WHAT THIS TASK INVOLVES
Print, in exact form, the lines below from the one containing "let opening = Opening" through the one containing "name, value: e, ..", and omit all others.

AVAILABLE RECORDS

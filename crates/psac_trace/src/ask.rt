//! What a statement asks for, its reads taken from the table of values.
ghost use Rattle.std.specs.Prelude.{◌≡◌, ◌+◌, length, map, IfOk, OnErr};
ghost use Rattle.psac_ops.specs.declared.plain.Handle.{Handle};
ghost use Rattle.psac_ops.specs.Value.{Value};
ghost use Rattle.psac_ops.specs.Named.{value_of as plain_value, values_of};
ghost use Rattle.psac_syntax.specs.declared.program.Stmt.{out-Stmt};
ghost use Rattle.psac_model.specs.Expression.{in_order};
ghost use Rattle.psac_model.specs.Names.{Env as Names};
ghost use Rattle.psac_model.specs.Run.{read_of, func_named, call_of, action_of};
ghost use Rattle.psac_plain.specs.Slots.{Gives, env_of, setting_by};
ghost use Rattle.psac_plain.specs.Running.{reads_view, action_view};
ghost use Rattle.psac_traced.specs.Traced.{listed};
ghost use Rattle.psac_trace.specs.Rights.{Heap, Sees};
ghost use Rattle.psac_trace.specs.Asking.{AllSought, Readable, source, sources_in, AllSeen, SeenFirst, looked_by, Looked, looks_for, setting_on};

use crate::ground::Ground;
use psac_ops::{Handle, Plain, TextId, from_words};
use psac_plain::ask::{Action, Seen, bool_of, called, destination_of, destinations_of, target_of};
use psac_plain::binding::Binding;
use psac_plain::halt::Halt;
use psac_plain::opening::Opening;
use psac_plain::value::{value, values as values_in};
use psac_syntax::{Func, ReadItem, Stmt};
use psac_values::{ValuePass, Values};
use std::alloc::Global;

// The modifiable that a read names.
fn source_of(
    alloc: Global,
    opening: &Opening,
    env: &[Binding],
    item: &ReadItem,
) -> Result<Handle, Halt>
    ensures { Gives (λ m. m) result (source (setting_by opening.now) (env_of env.now) item.now) }
{
    let v = value(alloc, opening, env, &item.from)?;
    target_of(v)
}

// What a block's reads name, each with no value yet. All that can stop a statement comes before its first look: so a run looks at
// nothing that it doesn't record.
fn sources_of(
    alloc: Global,
    opening: &Opening,
    env: &[Binding],
    items: &[ReadItem],
) -> Result<Vec<Seen>, Halt>
    ensures { Gives (λ v. sources_in v.items) result (in_order (map (source (setting_by opening.now) (env_of env.now)) items.now)) }
{
    let mut all = Vec::new(alloc);
    for item in items {
        let from = source_of(alloc, opening, env, item)?;
        all.push(Seen {
            from,
            value: Plain::Nil,
        })?;
    }
    Ok(all)
}

fn seen_at(values: &Values, pass: &mut ValuePass, from: Handle) -> Seen
    requires table { pass.old.table ≡ values.now }
    requires sees { (x : Value Handle) × Sees pass.old.knows from x }
    ensures table { pass.new.table ≡ pass.old.table }
    ensures looked { pass.new.knows ≡ looked_by 1 pass.old.knows }
    ensures from { result.from ≡ from }
    ensures value { (x : Value Handle) → Sees pass.old.knows from x → plain_value result.value ≡ x }
{
    let words = values.read(pass, from);
    let Some(value) = from_words(words) else {
        unreachable!()
    };
    Seen { from, value }
}

// The value of each, by one look at it.
fn look_at(values: &Values, pass: &mut ValuePass, all: &mut Vec<Seen>)
    requires table { pass.old.table ≡ values.now }
    requires sees { AllSeen pass.old.knows all.old.items }
    ensures table { pass.new.table ≡ pass.old.table }
    ensures looked { pass.new.knows ≡ looked_by (length all.old.items) pass.old.knows }
    ensures seen { SeenFirst pass.old.knows (length all.old.items) all.old.items all.new.items }
{
    let count = all.len();
    for i in 0..count {
        let seen = seen_at(values, pass, all[i].from);
        all[i] = seen;
    }
}

fn reads_of(
    alloc: Global,
    opening: &Opening,
    env: &[Binding],
    values: &Values,
    pass: &mut ValuePass,
    items: &[ReadItem],
) -> Result<Vec<Seen>, Halt>
    requires table { pass.old.table ≡ values.now }
    requires sought { (heap : Heap) × AllSought (setting_by opening.now) (env_of env.now) pass.old.knows heap items.now }
    ensures table { pass.new.table ≡ pass.old.table }
    ensures ok { IfOk result (λ all. pass.new.knows ≡ looked_by (length all.items) pass.old.knows) }
    ensures err { OnErr result (pass.new.knows ≡ pass.old.knows) }
    ensures seen { (heap : Heap) → AllSought (setting_by opening.now) (env_of env.now) pass.old.knows heap items.now → Gives (λ v. reads_view v.items) result (in_order (map (read_of (listed (setting_by opening.now)) (setting_by opening.now) (env_of env.now) heap) items.now)) }
{
    match sources_of(alloc, opening, env, items) {
        Ok(sources) => {
            let mut all = sources;
            look_at(values, pass, &mut all);
            Ok(all)
        }
        Err(halt) => Err(halt),
    }
}

// What a call runs, which reads nothing by itself.
fn called_by<'a>(
    alloc: Global,
    funcs: &'a [Func],
    func: u16,
    values: &[Plain],
    dests: &[Plain],
) -> Result<Action<'a>, Halt>
    ensures called { (env : Names Handle) → Gives (action_view env) result (call_of (func_named func funcs.now) (values_of values.now) (values_of dests.now)) }
    ensures looks { (env : Names Handle) → IfOk result (λ a. looks_for (action_view env a) ≡ 0) }
{
    called(alloc, funcs, func, values, dests)
}

/// What a statement asks for, once its expressions are evaluated.
#[tactic(auto, using(crate::proofs::Asked::looked_same, crate::proofs::Asked::looked_is))]
pub fn asked<'a>(
    alloc: Global,
    ground: &Ground,
    texts: &[TextId],
    funcs: &'a [Func],
    env: &[Binding],
    values: &Values,
    pass: &mut ValuePass,
    s: &'a Stmt,
) -> Result<Action<'a>, Halt>
    requires table { pass.old.table ≡ values.now }
    requires readable { (heap : Heap) × Readable (setting_on ground.now texts.now) (env_of env.now) pass.old.knows heap (out-Stmt s.now) }
    ensures table { pass.new.table ≡ pass.old.table }
    ensures looked { Looked pass.old.knows pass.new.knows }
    ensures looks { IfOk result (λ a. pass.new.knows.looks ≡ pass.old.knows.looks + looks_for (action_view (env_of env.now) a)) }
    ensures unlooked { OnErr result (pass.new.knows.looks ≡ pass.old.knows.looks) }
    ensures asked { (heap : Heap) → Readable (setting_on ground.now texts.now) (env_of env.now) pass.old.knows heap (out-Stmt s.now) → Gives (action_view (env_of env.now)) result (action_of (listed (setting_on ground.now texts.now)) (setting_on ground.now texts.now) funcs.now (env_of env.now) heap (out-Stmt s.now)) }
{
    let opening = Opening {
        opened: ground.opened,
        room: ground.room,
        cols: ground.cols,
        row_count: ground.row_count,
        texts,
    };
    match s {
        Stmt::Let { name, value: e, .. } => {
            let v = value(alloc, &opening, env, e)?;
            Ok(Action::Bind(*name, v))
        }
        Stmt::New { name, .. } => Ok(Action::Make(*name)),
        Stmt::Write { dest, value: e, .. } => {
            let v = value(alloc, &opening, env, e)?;
            let m = destination_of(env, *dest)?;
            Ok(Action::Put(m, v))
        }
        Stmt::Read {
            block,
            items,
            body,
            ..
        } => {
            match reads_of(alloc, &opening, env, values, pass, items.as_slice()) {
                Ok(seen) => Ok(Action::Block(*block, seen, items.as_slice(), body.as_slice())),
                Err(halt) => Err(halt),
            }
        }
        Stmt::If { cond, yes, no, .. } => {
            let v = value(alloc, &opening, env, cond)?;
            let b = bool_of(v)?;
            Ok(Action::Branch(if b { yes.as_slice() } else { no.as_slice() }))
        }
        Stmt::Par { left, right, .. } => Ok(Action::Sides(left.as_slice(), right.as_slice())),
        Stmt::Call {
            func,
            values: given,
            dests,
            ..
        } => {
            let vs = values_in(alloc, &opening, env, given.as_slice())?;
            let ds = destinations_of(alloc, env, dests.as_slice())?;
            called_by(alloc, funcs, *func, &vs, &ds)
        }
    }
}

REPLY
    let opening = Opening {
        opened: ground.opened,
        room: ground.room,
        cols: ground.cols,
        row_count: ground.row_count,
        texts,
    };
    match s {
        Stmt::Let { name, value: e, .. } => {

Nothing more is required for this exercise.